Une deuxième chance pour tous

Le 22 février 2010 le troisième site de l’Ecole de la Deuxième chance (E2C) de Seine-et-Marne ouvrait ses portes à Melun après ceux de Montereau-Fault-Yonne et Meaux. A l’origine de cette aventure il y a l’idée d’Yves Jégo qui a su porter un projet tout à faire déroutant dans une France attachée à la réussite scolaire dans des cursus d’excellence. Bien sur ces filières d’élite doivent perdurer mais à côté d’elles comment accepter que 140 000 jeunes sortent tous les ans du système scolaire sans diplôme ? Comment imaginer un pays apaisé socialement et efficace économiquement si cette richesse reste inexploitée ?

Une société comme la notre, moderne et ambitieuse, a le devoir moral de ne laisser personne sur le bord du chemin. C’est, je crois, à la façon dont un pays traite ceux qui n’ont su ou pu se raccrocher à un wagon qui ne leur correspondait pas que l’on mesure l’état d’une civilisation. C’est à la manière dont le système éducatif parvient à lutter contre les lois de la reproduction sociale que s’évalue l’égalité des citoyens ? En accueillant des jeunes, âgés de 17 à 29 ans, en rupture avec le système scolaire depuis au moins 12 à 18 mois l’E2C offre une formidable session de rattrapage.

J’ai soutenu dès l’origine ce projet et cela malgré l’absence de locaux qui nous a obligé à installer l’E2C dans la Salle des Jardins de l’hôtel de Ville. La situation devait être provisoire et comme je m’y étais engagé le Conseil Municipal à voté lors d’une délibération en date du 10 février 2011 la session de locaux à l’E2C. Désormais à proximité de la gare SNCF l’Ecole de la Deuxième Chance de Melun sera plus attractive et renforcera une renommée déjà bien établie. Preuve en est qu’aujourd’hui le bouche-à-oreilles est le principal moyen d’information sur ce qu’est l’E2C de Melun.

Depuis l’ouverture 38 jeunes, répartis sur 4 promotions, ont été accueillis sur la seule base de leur volonté de s’insérer dans le monde professionnel et sur la base d’un projet à la sortie de l’école. L’école fonctionne sur un mode souple d’entrée-sortie qui tranche avec ce que les pensionnaires ont connu dans le système scolaire classique. Le taux d’abandon extrêmement faible (5%) démontre que jusqu’ici l’école n’avait pas su détecter et valoriser les capacités de ces jeunes.
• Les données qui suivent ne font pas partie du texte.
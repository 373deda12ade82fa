// A search as an object, over the function that searches from a place. It holds the run and the
// area that it was opened on, the filter, and the place that it has reached.
//
// Every function here is proved, and none has a `requires`.
ghost use Rattle.std.specs.Prelude.{◌≡◌};
ghost use Rattle.rules.specs.Search.{place_after};
ghost use Rattle.searching.specs.Object.{Opens, Steps};

use rules::{Area, Yielded};

#[derive(Clone, Copy)]
pub struct Search<'a> {
    pub run: &'a [u32],
    pub area: Area,
    pub mask: u16,
    pub pattern: u16,
    pub place: usize,
}

impl<'a> Search<'a> {
    // Opens a search behind a place, 0 being the beginning. It is never refused: every step checks
    // the area and the place.
    pub fn open(run: &'a [u32], area: Area, mask: u16, pattern: u16, place: usize) -> Search<'a>
        ensures { Opens run.entry area mask pattern place result }
    {
        Search {
            run,
            area,
            mask,
            pattern,
            place,
        }
    }

    // Yields the place of the next match and moves there. A refused step yields 0 and stays.
    pub fn step(&mut self) -> Yielded
        ensures { Steps self.old result self.new }
    {
        let place = self.place;
        let yielded = crate::search(self.run, self.area, self.mask, self.pattern, place);
        self.place = place_after(place, yielded);
        yielded
    }
}

// The place that a search has reached once it has yielded: the match's, or the old one if refused.
fn place_after(place: usize, yielded: Yielded) -> usize
    ensures { result ≡ place_after place yielded }
{
    yielded.unwrap_or(place)
}
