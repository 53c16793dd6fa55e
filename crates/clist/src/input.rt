// Standard input, read into a buffer.
ghost use Rattle.std.specs.Prelude.{◌-◌, ◌≤◌, ◌<◌, ◌≡◌, length, take};
ghost use Rattle.text.specs.Put.{Put};
ghost use Rattle.clist.specs.Input.{CountsRead, part_read};

use std::io;
use std::io::Read;
use text::write::put_bytes;

// Returns how many bytes a read put at the start of part, by what it answered; 0 is the end of the input.
fn part_read(got: io::Result<usize>, part: &[u8]) -> io::Result<usize>
    ensures answer { result ≡ part_read got (length part.now) }
    ensures inside { CountsRead result part.now }
{
    Ok(got?.min(part.len()))
}

// Puts a part of the input behind the bytes that were read before, as much as there is room for; gives how many bytes there are then.
// Precondition: there is room, which `read_parts` has tested, and the part has a byte, which `read_parts` has tested too.
fn take_part(buf: &mut [u8], done: usize, part: &[u8]) -> usize
    requires { (done < length buf.old) × (1 ≤ length part.now) }
    ensures bytes { Put buf.old done (take (length buf.old - done) part.now) result buf.new }
    ensures further { (done < result) × (result ≤ length buf.old) }
{
    let room = buf.len() - done;
    if room < part.len() {
        return put_bytes(buf, done, &part[..room]);
    }
    put_bytes(buf, done, part)
}

// Reads until the buffer is full, the input ends or a read fails, and returns how many bytes it put at the start of the buffer; or the error
// of the read that failed. The parts go by way of a second buffer.
pub fn read_parts(rt: &HostRuntime, buf: &mut [u8], part: &mut [u8]) -> io::Result<usize>
    ensures { CountsRead result buf.new }
{
    let mut stdin = rt.stdin();
    let mut done = 0;
    while done < buf.len() {
        let got = stdin.read(part);
        let count = part_read(got, part)?;
        if count == 0 {
            return Ok(done);
        }
        done = take_part(buf, done, &part[..count]);
    }
    Ok(done)
}
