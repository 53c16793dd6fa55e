// Loads a cluster list from standard input with first transfer id 1 and prints ClusterInfo, or `refused 20`. Where a read or a write fails,
// standard error says why; a read that fails is answered by nothing on standard output.
#![tactic(auto)]

mod input;
mod print;

use crate::input::read_parts;
use crate::print::put_answer_to_read;
use cluster_list::limits::{READ_LIST_MOST, WRITTEN_LIST_MOST};
use std::io;

fn main(rt: HostRuntime) -> io::Result<()> {
    // one byte more than a list can have, so that a longer input shows
    let mut read = [0u8; READ_LIST_MOST + 1];
    let mut part = [0u8; 4096];
    let count = match read_parts(&rt, &mut read, &mut part) {
        Ok(count) => count,
        Err(e) => return rt.eprintln(format_args!("clist: standard input: {e}")),
    };
    let mut answer = [0u8; WRITTEN_LIST_MOST];
    let end = put_answer_to_read(&read, count, &mut answer);
    match rt.write_all(&answer[..end]) {
        Ok(()) => Ok(()),
        Err(e) => rt.eprintln(format_args!("clist: standard output: {e}")),
    }
}
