// What is printed of an input.
ghost use Rattle.std.specs.Prelude.{◌≤◌, ◌<◌, length};
ghost use Rattle.io.specs.Counts.{IsPrefixLen};
ghost use Rattle.text.specs.Put.{Put};
ghost use Rattle.cluster_list.specs.Read.{read_list_most};
ghost use Rattle.cluster_list.specs.Write.{written_list_most};
ghost use Rattle.model.specs.State.{State};
ghost use Rattle.clist.specs.Answer.{answer_to, AnswersAll};

use cluster_info::cluster_info;
use clusters::table::empty_table;
use load::load;
use reading_reply::ReadingReply;
use state::answer::Answer;
use state::state::loaded_state;
use text::write::put_bytes;

// The first transfer id.
const FIRST_ID: u32 = 1;

// Puts what is printed of a whole input at the start of a buffer. Load is lent a store of no bytes, because nothing is transferred, and
// handed a state that plays no part. A loaded state is sound and the buffer has room, so ClusterInfo is not refused. Precondition: the
// buffer has room for the longest list; `put_answer_to_read` requires it.
fn put_answer(input: &[u8], buf: &mut [u8]) -> usize
    requires { written_list_most ≤ length buf.old }
    ensures { (given : State) → Put buf.old 0 (answer_to given input.now) result buf.new }
{
    let mut store = [0u8; 0];
    let given = loaded_state(empty_table(), FIRST_ID);
    let loaded = load(given, input, FIRST_ID, &mut store);
    let answer = loaded.answer;
    let Answer::Done = answer else {
        return put_bytes(buf, 0, b"refused 20\n");
    };
    let report = cluster_info(loaded.state, &store, buf);
    let ReadingReply::Given(written) = report else {
        return 0;
    };
    written
}

// Puts what is printed of every input of which `count` bytes were read into a buffer: all, or as many as it has. It has more than a list
// can have, so an input that does not fit it is refused whatever follows. Precondition: the first buffer has more bytes than a list can
// have and `count` of them, the second has room for the longest list; `main` lends such buffers, and `read_parts` gives the count.
pub fn put_answer_to_read(read: &[u8], count: usize, buf: &mut [u8]) -> usize
    requires { (read_list_most < length read.now) × IsPrefixLen count read.now × (written_list_most ≤ length buf.old) }
    ensures answer { AnswersAll read.now count buf.old result buf.new }
    ensures inside { IsPrefixLen result buf.new }
{
    put_answer(&read[..count], buf)
}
Ils trouvent dans cette structure un accompagnement et un soutien indispensable à leur réussite.

La très grande majorité (81,1%) des élèves a suivi un cursus BEP/CAP sans en avoir obtenu le diplômé à la fin. Après une période de stage rémunéré de 4 à 6 mois en alternance les élèves basculent vers la deuxième étape du projet avec une formation professionnelle en alternance sous contrat à durée adaptée au métier décidé qui doit les mener vers l’intégration de l’entreprise partenaire. Car il ne s’agit pas de sortir diplômé de l’E2C mais d’en sortir avec un métier, un contrat et une entreprise.

Il est évidemment encore trop tôt pour mesurer le taux de « sorties positives », puisque les élèves peuvent être rattachés à l’E2C pendant 36 mois, mais il devrait approcher les 70% à l’image du site de Montereau-Fault-Yonne ouvert fin 2007. Puisque la durée moyenne d’accueil est de 10 mois il est déjà possible de remarquer quelques beaux succès. La collaboration réussie, ce n’est malheureusement que trop rarement le cas, entre l’Etat, la région et la commune aboutie à une solution concrète pour combattre l’échec scolaire et le chômage.